Clifford followed Ring’s advice and ultimately had the trial court’s decision reversed.
On Friday, Clifford received the Leonard M. Ring Lifetime Achievement Award from the Illinois Trial Lawyers Association. The award is given to someone who, among other things, “has the standards of Leonard, the work ethics of Leonard and the commitment to ITLA that Leonard had.”
As a young lawyer, Clifford said he admired Ring.
“I was very fortunate to have known him,” he said.
In an interview with the Daily Law Bulletin last week, before the ITLA dinner, Clifford also recognized the late Philip H. Corboy, his boss for his first decade in law.
Clifford, 68, first met Corboy during a presentation at DePaul University College of Law.
“I was taken a back by [Corboy], he was so impressive,” Clifford said. “He made litigation sound exciting and alive and complicated and worth pursuing on behalf of people who need help at the time when some of the worst things happen in their lives.”
From that encounter, Clifford pursued a clerkship with Corboy and was hired after graduation.
“Phil Corboy has been a mentor to so many outstanding lawyers in this community including me. I count my blessings everyday that I met him,” Clifford said. “Like Leonard Ring, Corboy was a strong advocate for victims’ rights and tried to be role model for young lawyers.”
Clifford worked at Corboy’s firm, until 1984 when he opened his own firm. In 1994, Clifford merged the firm with Corboy & Demetrio, but he returned to his own practice one year later.

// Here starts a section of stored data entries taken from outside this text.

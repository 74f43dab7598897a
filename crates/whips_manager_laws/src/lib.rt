//! Laws of the invariant of a Strobe manager, one change at a time.
#![tactic(auto)]

ghost use Rattle.whips_manager_laws.specs.Laws.{
  UnconcernedInsertion,
  UnconcernedDeletion,
  UnconcernedChange,
  Deletion,
  Insertions,
  PutInsertions,
  EarlierAnswer,
  LastAnswer,
  ListMakesValue,
  NewManager,
  LaterNumber,
};

/// Law: tuples that don't meet the view may come and go, and the manager keeps its invariant.
pub fn unconcerned_keeps()
    ensures insertion { UnconcernedInsertion }
    ensures deletion { UnconcernedDeletion }
    ensures change { UnconcernedChange }
{}

/// Law: where a manager notes the deletion of a key of a part, it keeps its invariant with the tables after it.
pub fn deletion_keeps()
    ensures { Deletion }
{}

/// Law: where tuples with new keys at one part, each of which meets the view, begin a query, the manager keeps its
/// invariant with the tables after their insertion. So it does where there is nothing to ask and their rows are put.
pub fn insertions_keep()
    ensures query { Insertions }
    ensures put { PutInsertions }
{}

/// Law: a manager that takes the answer to a step of one of its queries, as it is on the tables now, keeps its invariant:
/// before the last step the query moves on, and after it the query is closed and its rows are put, but for those that have
/// a pending key.
pub fn answer_keeps()
    ensures earlier { EarlierAnswer }
    ensures last { LastAnswer }
{}

/// Law: where no query is open, the action list takes the rows to the view's value.
pub fn list_makes_value()
    ensures { ListMakesValue }
{}

/// Law: a manager that has taken nothing has its invariant with the view's value, and a later number does no harm.
pub fn new_manager_keeps()
    ensures new { NewManager }
    ensures later { LaterNumber }
{}
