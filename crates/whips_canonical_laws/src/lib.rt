//! Parts of a script that were read are written as the data that they were read from, and the compact text of plain data is
//! read as that data.
#![tactic(auto)]

ghost use Rattle.whips_canonical_laws.specs.Plain.{CompactTextsAreRead};
ghost use Rattle.whips_canonical_laws.specs.Laws.{ValuesAreWritten, RowsAreWritten, ColumnsAreWritten, KeysAreWritten, RelationRowsAreRead, RelationsAreRead, ViewRelationsAreWritten, OutIsWritten, EqualitiesAreWritten, ConditionsAreWritten, ViewsAreRead, SessionsAreWritten, NumbersAreWritten, PickedAreRead};

/// Law: the compact text of plain data that isn't nested too deep is read as that data.
pub fn compact_texts_are_read()
    ensures { CompactTextsAreRead }
{}

/// Law: a value that was read is written as the value that it was.
pub fn values_are_written()
    ensures { ValuesAreWritten }
{}

/// Law: a list of values that was read is written as the list that it was.
pub fn rows_are_written()
    ensures { RowsAreWritten }
{}

/// Law: columns that were read are written as they were.
pub fn columns_are_written()
    ensures { ColumnsAreWritten }
{}

/// Law: a key that was read is written as it was.
pub fn keys_are_written()
    ensures { KeysAreWritten }
{}

/// Law: the rows of a relation, written in the order of their keys, are read as the same relation.
pub fn relation_rows_are_read()
    ensures { RelationRowsAreRead }
{}

/// Law: a relation, written with every member, is read as the same relation.
pub fn relations_are_read()
    ensures { RelationsAreRead }
{}

/// Law: the relations of a view that were read are written as they were.
pub fn view_relations_are_written()
    ensures { ViewRelationsAreWritten }
{}

/// Law: the out columns of a view that were read are written as they were.
pub fn out_is_written()
    ensures { OutIsWritten }
{}

/// Law: the equalities of a view that were read are written as they were.
pub fn equalities_are_written()
    ensures { EqualitiesAreWritten }
{}

/// Law: the conditions of a view that were read are written as they were.
pub fn conditions_are_written()
    ensures { ConditionsAreWritten }
{}

/// Law: a view, written with every member, is read as the same view.
pub fn views_are_read()
    ensures { ViewsAreRead }
{}

/// Law: sessions that were read are written as they were.
pub fn sessions_are_written()
    ensures { SessionsAreWritten }
{}

/// Law: a number that was read is written as the number that it was.
pub fn numbers_are_written()
    ensures { NumbersAreWritten }
{}

/// Law: a schedule with a start and a number of steps that was read is read again as the same.
pub fn picked_are_read()
    ensures { PickedAreRead }
{}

Dan L. Boho, a partner at Hinshaw & Culbertson LLP, said Clifford is a worthy competitor who always remained a gentleman.
“He can be a very aggressive advocate for his client and yet be very professional and courteous in his dealings with people on the same side and opposite side of the case,” Boho said. “He has a folksy manner and common sense way of presenting a case.”
Boho said he believes Clifford has assumed the role Corboy filled as a resource for younger plaintiff’s lawyers.
“Bob really took the mantle that had been worn by Phil, who helped mentor lawyers, who then went on their own much like Bob did,” Boho said.
Richard L. Pullano, founder of Pullano Law Offices, spent 11 years working at Clifford Law Offices before opening his own practice in 1998.
“He teaches you what it takes to get the best result,” he said.
One lesson he learned from Clifford: There is no substitute for time, and you have to outwork your competition.
“He’s never content. He’s always looking for a new and better way to be a trial lawyer,” Pullano said. “We are in a world where lawyers get trashed and bashed all the time. … He loves the profession.”
Another protege, Timothy S. Tomasik, worked with Clifford for 15 years before starting Tomasik Kotin Kasserman LLC in 2013 with co-founders Shawn S. Kasserman and Daniel M. Kotin.
“For decades, Bob has been fiercely devoted to ITLA’s mission to serve and protect the rights of the people and families we all represent,” Tomasik said.
“He has made enormous contributions to our profession in terms of his time, energy, creativity and financially,” he said.